[WHAT IS NEEDED]: Find how many lines of the records hold the string "would" and reply with only that total.

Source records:
--- --- ---

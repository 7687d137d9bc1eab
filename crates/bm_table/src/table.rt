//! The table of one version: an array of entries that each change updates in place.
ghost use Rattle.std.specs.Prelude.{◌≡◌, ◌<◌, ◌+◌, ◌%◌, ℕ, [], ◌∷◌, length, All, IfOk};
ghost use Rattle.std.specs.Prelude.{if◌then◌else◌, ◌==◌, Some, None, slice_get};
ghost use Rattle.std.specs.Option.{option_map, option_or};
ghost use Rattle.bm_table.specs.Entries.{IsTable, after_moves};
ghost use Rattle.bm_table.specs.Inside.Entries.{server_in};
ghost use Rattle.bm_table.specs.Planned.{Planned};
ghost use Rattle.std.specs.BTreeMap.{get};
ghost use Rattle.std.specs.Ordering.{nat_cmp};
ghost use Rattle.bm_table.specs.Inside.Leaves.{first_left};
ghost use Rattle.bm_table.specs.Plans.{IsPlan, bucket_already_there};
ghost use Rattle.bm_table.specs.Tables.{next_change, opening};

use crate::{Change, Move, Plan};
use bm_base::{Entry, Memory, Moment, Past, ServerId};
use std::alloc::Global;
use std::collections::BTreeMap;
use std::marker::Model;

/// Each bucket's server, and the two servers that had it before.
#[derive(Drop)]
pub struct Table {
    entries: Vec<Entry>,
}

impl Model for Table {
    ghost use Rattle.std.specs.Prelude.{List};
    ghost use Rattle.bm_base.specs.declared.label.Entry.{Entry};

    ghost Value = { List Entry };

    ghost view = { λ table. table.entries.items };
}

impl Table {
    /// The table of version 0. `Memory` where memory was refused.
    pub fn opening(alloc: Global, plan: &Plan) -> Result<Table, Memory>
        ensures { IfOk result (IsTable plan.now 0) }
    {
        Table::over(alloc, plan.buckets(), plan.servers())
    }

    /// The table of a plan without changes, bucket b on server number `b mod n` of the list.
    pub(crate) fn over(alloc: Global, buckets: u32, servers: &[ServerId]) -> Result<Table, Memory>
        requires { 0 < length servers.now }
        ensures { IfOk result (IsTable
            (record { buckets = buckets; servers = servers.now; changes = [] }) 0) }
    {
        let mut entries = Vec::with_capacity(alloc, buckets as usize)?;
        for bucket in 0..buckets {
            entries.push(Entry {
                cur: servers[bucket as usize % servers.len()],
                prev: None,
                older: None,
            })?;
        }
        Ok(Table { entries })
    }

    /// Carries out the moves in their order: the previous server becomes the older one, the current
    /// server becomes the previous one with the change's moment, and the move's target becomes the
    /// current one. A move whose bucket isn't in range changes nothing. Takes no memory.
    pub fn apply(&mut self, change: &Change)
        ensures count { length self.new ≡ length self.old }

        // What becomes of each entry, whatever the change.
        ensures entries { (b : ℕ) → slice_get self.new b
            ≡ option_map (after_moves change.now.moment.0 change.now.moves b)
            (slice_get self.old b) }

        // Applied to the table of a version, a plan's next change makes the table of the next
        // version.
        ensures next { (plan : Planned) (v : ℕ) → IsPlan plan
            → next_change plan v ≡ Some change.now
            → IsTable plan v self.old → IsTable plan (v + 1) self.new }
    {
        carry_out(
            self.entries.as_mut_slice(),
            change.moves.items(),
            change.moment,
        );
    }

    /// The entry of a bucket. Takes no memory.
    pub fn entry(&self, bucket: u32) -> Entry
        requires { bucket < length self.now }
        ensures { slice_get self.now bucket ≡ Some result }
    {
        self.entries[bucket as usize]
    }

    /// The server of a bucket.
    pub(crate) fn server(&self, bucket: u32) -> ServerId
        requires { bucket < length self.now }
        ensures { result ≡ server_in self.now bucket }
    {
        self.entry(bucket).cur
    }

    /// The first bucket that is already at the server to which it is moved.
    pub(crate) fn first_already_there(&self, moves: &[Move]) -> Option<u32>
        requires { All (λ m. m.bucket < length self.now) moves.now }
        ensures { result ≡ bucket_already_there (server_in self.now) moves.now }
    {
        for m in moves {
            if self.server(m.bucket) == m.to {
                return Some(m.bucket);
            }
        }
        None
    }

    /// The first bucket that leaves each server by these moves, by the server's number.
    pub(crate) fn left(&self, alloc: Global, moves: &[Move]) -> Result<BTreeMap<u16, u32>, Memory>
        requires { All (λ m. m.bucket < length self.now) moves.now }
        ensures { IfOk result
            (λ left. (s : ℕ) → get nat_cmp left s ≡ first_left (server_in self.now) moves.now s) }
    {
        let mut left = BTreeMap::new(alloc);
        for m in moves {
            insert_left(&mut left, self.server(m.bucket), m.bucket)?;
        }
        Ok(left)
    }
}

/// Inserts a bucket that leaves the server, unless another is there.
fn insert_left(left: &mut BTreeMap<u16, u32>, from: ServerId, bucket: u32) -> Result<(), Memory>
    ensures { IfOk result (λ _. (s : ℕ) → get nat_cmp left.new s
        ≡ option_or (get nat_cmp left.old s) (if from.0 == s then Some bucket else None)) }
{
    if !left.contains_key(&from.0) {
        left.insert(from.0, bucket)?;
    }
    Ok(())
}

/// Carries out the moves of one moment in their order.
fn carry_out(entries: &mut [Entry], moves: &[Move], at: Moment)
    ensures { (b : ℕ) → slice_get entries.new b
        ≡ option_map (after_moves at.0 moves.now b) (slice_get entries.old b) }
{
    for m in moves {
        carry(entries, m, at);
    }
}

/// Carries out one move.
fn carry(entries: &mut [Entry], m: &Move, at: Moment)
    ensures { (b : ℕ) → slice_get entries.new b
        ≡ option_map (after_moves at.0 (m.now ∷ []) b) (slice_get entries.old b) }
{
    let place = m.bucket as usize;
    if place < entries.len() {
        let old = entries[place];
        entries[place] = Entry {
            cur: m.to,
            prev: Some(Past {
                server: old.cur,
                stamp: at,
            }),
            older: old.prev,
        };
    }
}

--- --- ---

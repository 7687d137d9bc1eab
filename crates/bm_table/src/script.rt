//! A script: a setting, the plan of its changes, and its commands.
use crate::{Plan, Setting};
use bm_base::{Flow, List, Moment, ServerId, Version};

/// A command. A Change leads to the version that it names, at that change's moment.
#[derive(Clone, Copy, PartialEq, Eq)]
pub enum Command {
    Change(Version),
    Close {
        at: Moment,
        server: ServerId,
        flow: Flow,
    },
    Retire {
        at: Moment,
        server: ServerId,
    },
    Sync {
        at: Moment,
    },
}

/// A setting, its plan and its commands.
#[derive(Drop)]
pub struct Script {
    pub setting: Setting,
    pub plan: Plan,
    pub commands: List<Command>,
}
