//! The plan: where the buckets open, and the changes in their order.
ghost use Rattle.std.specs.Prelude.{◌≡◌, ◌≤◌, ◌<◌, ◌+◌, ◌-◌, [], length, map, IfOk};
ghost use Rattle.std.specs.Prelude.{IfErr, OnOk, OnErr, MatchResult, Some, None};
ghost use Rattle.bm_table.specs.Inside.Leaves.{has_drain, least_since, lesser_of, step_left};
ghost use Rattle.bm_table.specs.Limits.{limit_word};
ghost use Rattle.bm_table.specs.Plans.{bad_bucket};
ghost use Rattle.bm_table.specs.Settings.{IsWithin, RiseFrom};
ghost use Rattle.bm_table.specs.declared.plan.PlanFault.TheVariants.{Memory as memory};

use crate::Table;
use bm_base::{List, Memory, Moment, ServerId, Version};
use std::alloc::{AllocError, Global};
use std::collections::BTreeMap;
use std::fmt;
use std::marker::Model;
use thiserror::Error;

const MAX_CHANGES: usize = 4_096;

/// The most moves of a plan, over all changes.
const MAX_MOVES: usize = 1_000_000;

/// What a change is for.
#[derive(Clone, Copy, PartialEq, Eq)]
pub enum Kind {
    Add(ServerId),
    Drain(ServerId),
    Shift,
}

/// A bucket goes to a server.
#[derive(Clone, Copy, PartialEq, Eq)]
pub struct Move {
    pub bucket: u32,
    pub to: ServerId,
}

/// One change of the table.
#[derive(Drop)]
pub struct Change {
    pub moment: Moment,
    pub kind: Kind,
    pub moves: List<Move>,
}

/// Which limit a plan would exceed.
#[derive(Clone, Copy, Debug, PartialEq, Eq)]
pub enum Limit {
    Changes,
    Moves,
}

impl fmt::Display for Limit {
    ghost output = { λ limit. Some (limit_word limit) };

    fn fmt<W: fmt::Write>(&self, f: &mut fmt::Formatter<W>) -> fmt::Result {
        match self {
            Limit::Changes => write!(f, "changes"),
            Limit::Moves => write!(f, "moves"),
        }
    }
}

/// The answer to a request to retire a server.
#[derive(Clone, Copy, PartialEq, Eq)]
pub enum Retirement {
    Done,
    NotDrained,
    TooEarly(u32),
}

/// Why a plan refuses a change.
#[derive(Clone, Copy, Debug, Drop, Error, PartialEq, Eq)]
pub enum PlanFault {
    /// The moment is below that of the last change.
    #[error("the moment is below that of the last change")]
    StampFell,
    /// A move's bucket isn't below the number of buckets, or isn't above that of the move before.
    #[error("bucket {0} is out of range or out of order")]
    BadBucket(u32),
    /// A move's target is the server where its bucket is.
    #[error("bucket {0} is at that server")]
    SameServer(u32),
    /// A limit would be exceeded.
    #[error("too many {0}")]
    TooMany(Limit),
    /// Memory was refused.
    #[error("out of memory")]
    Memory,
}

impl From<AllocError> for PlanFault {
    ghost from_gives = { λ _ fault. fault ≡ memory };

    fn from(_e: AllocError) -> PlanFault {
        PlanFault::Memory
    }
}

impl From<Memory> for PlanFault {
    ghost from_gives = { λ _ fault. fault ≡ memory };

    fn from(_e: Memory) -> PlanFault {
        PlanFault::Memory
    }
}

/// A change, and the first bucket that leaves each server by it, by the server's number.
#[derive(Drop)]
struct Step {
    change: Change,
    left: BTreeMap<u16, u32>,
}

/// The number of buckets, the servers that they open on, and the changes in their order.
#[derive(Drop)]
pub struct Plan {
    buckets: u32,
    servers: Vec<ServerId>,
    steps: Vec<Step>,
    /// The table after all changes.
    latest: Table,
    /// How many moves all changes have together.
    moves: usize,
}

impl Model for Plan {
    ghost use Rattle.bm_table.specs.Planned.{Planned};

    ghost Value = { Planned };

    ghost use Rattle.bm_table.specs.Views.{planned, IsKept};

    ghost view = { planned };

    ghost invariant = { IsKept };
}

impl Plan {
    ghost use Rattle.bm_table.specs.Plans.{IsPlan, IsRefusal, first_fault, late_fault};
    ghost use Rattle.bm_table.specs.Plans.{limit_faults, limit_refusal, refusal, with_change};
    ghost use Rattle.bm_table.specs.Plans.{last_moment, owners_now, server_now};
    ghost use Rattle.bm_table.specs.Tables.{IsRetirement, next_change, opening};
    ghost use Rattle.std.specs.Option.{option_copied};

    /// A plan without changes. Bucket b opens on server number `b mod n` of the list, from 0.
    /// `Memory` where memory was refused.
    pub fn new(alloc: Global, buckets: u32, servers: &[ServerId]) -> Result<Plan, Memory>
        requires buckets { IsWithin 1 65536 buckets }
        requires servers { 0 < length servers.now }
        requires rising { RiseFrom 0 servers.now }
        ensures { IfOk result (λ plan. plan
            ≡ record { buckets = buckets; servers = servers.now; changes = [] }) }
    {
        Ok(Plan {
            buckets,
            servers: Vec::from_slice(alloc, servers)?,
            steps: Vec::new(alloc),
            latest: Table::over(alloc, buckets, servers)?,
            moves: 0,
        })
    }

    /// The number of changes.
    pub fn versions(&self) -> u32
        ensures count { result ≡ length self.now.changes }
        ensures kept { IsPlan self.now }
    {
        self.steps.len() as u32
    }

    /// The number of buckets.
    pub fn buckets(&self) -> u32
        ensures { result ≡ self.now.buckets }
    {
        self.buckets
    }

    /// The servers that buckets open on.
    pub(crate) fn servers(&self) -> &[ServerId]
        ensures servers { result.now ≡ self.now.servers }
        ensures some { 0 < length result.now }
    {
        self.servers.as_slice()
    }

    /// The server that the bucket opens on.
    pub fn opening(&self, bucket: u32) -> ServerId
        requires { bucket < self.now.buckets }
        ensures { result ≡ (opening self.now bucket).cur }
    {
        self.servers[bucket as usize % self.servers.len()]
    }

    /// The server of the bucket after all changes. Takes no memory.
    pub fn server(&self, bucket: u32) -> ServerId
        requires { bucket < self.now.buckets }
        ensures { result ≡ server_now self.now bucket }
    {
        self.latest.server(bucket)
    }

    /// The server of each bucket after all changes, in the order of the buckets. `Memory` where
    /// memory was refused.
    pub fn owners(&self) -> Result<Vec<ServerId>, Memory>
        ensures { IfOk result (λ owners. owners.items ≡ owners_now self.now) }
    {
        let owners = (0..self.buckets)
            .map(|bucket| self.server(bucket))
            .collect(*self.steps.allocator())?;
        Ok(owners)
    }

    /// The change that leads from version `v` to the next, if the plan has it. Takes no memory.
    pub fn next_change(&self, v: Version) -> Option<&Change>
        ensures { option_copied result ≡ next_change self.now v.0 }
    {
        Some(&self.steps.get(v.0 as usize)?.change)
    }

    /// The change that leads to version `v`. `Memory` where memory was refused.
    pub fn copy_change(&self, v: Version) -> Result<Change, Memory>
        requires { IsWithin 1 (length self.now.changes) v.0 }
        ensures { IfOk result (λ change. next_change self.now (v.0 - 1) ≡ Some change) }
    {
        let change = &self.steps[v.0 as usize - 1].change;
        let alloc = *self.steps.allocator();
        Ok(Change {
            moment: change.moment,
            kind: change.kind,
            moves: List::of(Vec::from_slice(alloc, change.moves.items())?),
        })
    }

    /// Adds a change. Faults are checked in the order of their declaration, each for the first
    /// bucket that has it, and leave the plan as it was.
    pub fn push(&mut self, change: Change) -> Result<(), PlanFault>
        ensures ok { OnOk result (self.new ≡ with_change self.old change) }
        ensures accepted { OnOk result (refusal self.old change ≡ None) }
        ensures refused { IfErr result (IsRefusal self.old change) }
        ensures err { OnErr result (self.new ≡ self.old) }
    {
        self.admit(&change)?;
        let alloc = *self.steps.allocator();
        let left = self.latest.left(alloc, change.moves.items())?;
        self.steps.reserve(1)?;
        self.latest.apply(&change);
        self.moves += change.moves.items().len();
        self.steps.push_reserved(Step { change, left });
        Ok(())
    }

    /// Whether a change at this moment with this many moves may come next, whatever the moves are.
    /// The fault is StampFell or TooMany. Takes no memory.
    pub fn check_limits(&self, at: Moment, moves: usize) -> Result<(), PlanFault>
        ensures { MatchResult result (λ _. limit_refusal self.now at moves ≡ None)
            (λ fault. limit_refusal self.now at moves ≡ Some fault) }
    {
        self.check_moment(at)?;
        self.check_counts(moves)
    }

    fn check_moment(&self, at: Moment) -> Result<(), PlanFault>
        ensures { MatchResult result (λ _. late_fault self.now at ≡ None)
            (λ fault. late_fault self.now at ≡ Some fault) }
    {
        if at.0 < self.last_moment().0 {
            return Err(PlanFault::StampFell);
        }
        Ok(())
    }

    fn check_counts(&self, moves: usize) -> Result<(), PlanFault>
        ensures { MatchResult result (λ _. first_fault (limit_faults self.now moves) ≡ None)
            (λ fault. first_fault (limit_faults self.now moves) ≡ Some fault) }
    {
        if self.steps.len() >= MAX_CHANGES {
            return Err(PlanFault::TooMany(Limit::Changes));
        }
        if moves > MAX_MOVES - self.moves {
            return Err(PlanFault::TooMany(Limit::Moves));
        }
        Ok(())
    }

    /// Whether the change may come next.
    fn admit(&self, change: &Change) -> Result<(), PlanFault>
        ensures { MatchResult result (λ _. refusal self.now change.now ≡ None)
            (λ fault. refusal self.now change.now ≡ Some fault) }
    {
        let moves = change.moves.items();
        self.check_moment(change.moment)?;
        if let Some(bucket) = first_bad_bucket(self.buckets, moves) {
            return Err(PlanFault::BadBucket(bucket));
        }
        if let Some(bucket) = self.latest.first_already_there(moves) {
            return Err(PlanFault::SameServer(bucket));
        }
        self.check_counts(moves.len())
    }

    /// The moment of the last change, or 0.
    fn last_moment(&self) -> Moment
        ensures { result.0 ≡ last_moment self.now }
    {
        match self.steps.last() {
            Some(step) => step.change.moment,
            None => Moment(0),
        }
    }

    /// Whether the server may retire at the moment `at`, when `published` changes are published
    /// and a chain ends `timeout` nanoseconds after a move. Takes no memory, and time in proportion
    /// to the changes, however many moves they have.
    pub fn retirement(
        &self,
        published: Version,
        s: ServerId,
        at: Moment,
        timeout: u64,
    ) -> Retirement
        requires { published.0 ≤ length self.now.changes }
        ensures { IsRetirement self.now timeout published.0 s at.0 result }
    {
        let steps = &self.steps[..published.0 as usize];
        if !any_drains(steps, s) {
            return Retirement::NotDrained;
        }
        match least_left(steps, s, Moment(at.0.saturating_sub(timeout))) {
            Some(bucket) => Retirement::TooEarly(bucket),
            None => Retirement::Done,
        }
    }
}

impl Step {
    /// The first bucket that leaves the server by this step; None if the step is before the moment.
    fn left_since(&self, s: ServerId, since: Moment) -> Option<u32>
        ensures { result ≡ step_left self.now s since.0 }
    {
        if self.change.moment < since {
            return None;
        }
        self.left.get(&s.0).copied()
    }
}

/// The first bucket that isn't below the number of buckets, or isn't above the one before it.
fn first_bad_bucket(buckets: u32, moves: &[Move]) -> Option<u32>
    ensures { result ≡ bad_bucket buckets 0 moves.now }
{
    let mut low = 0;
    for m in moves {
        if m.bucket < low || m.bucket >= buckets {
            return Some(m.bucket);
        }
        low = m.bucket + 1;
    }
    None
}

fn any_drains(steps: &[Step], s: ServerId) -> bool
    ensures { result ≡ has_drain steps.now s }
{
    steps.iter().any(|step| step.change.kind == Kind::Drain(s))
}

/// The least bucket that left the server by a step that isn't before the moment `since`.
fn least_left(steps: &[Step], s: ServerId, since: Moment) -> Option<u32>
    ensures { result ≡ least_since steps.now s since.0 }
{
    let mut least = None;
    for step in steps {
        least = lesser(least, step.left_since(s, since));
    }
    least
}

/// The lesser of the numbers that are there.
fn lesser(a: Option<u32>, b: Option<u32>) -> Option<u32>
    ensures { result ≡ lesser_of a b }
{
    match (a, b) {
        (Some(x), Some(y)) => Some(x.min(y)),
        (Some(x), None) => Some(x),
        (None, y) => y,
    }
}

--- --- ---

[ANSWER TO THE EXERCISE]: 2